## Task requirements
Lines below containing the word "terms" should be copied out.

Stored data
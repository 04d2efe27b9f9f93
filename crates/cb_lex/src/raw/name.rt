//! Names as they are written.

use crate::bytes::Bytes;
use crate::token::Place;
use sqlite_items::Items;

/// A name and its place.
#[derive(Debug, Drop)]
pub struct RawName {
    pub text: Bytes,
    /// The number of an opened name; 0 for a name as it is written.
    pub number: u32,
    pub place: Place,
}

/// Names in order.
pub type RawNames = Items<RawName>;
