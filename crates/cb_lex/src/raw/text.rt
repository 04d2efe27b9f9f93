//! Texts, machines, channels and controllers as they are written.

use crate::raw::domain::{RawLiteral, RawParam};
use crate::raw::event::RawCall;
use crate::raw::name::{RawName, RawNames};
use crate::raw::process::RawProcess;
use crate::raw::subst::RawSubst;
use crate::raw::term::RawFormula;
use sqlite_items::Items;

/// A text without its proofs.
#[derive(Drop)]
pub struct RawText {
    pub machines: Items<RawMachine>,
    /// What CHANNELS declares; with no CHANNELS there is none.
    pub channels: Items<RawChannel>,
    pub controllers: Items<RawController>,
    /// The names after SYSTEM; none in a text of machines alone, which has no channel and no controller.
    pub order: Option<RawNames>,
}

/// A machine. A part that is left out is empty.
#[derive(Drop)]
pub struct RawMachine {
    pub name: RawName,
    pub sees: RawNames,
    pub sets: Items<RawSet>,
    pub constants: RawNames,
    pub properties: Items<RawProperty>,
    pub state: Option<RawState>,
    pub operations: Items<RawOperation>,
}

/// An enumerated set, `name = {elements}`.
#[derive(Drop)]
pub struct RawSet {
    pub name: RawName,
    pub elements: RawNames,
}

/// What a constant is, `name = literal`.
#[derive(Drop)]
pub struct RawProperty {
    pub name: RawName,
    pub literal: RawLiteral,
}

/// VARIABLES, INVARIANT and INITIALISATION, which come together.
#[derive(Drop)]
pub struct RawState {
    pub variables: RawNames,
    pub invariant: RawFormula,
    pub initialisation: RawSubst,
}

/// An operation, `results <-- name(parameters) = PRE precondition THEN body END`.
#[derive(Drop)]
pub struct RawOperation {
    pub results: RawNames,
    pub name: RawName,
    pub parameters: RawNames,
    pub precondition: Option<RawFormula>,
    pub body: RawSubst,
}

/// A channel, `name(values) WHERE condition`.
#[derive(Drop)]
pub struct RawChannel {
    pub name: RawName,
    pub values: RawNames,
    pub condition: Option<RawFormula>,
}

/// A controller.
#[derive(Drop)]
pub struct RawController {
    pub name: RawName,
    pub machines: RawNames,
    /// The call after START.
    pub start: RawCall,
    pub definitions: Items<RawDefinition>,
}

/// A definition of a process, `name(parameters) INV (invariant) = process`.
#[derive(Drop)]
pub struct RawDefinition {
    pub name: RawName,
    pub parameters: Items<RawParam>,
    pub invariant: Option<RawFormula>,
    pub process: RawProcess,
}
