//! The signs and words of terms and formulas.

/// A word that is a term by itself.
#[derive(Clone, Copy, Debug, PartialEq, Eq)]
pub enum RawAtom {
    /// `TRUE`
    True,
    /// `FALSE`
    False,
    /// `MAXINT`
    MaxInt,
    /// `MININT`
    MinInt,
    /// `NAT`
    Nat,
    /// `NAT1`
    Nat1,
    /// `INT`
    Int,
    /// `BOOL`
    Truths,
}

/// A sign between two terms that makes a term.
#[derive(Clone, Copy, Debug, PartialEq, Eq)]
pub enum RawOperator {
    /// `+`
    Plus,
    /// `-`
    Minus,
    /// `*`
    Times,
    /// `/`
    Divide,
    /// `mod`
    Mod,
    /// `..`
    UpTo,
    /// `\/`
    Union,
    /// `/\`
    Intersection,
}

/// A sign between two terms that makes a formula.
#[derive(Clone, Copy, Debug, PartialEq, Eq)]
pub enum RawRelation {
    /// `=`
    Equal,
    /// `/=`
    Unequal,
    /// `<`
    Less,
    /// `<=`
    AtMost,
    /// `>`
    Greater,
    /// `>=`
    AtLeast,
    /// `:`
    Member,
    /// `/:`
    NotMember,
    /// `<:`
    Subset,
}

## Response to the task
//! The signs and words of terms and formulas.
/// A sign between two terms that makes a term.
/// A sign between two terms that makes a formula.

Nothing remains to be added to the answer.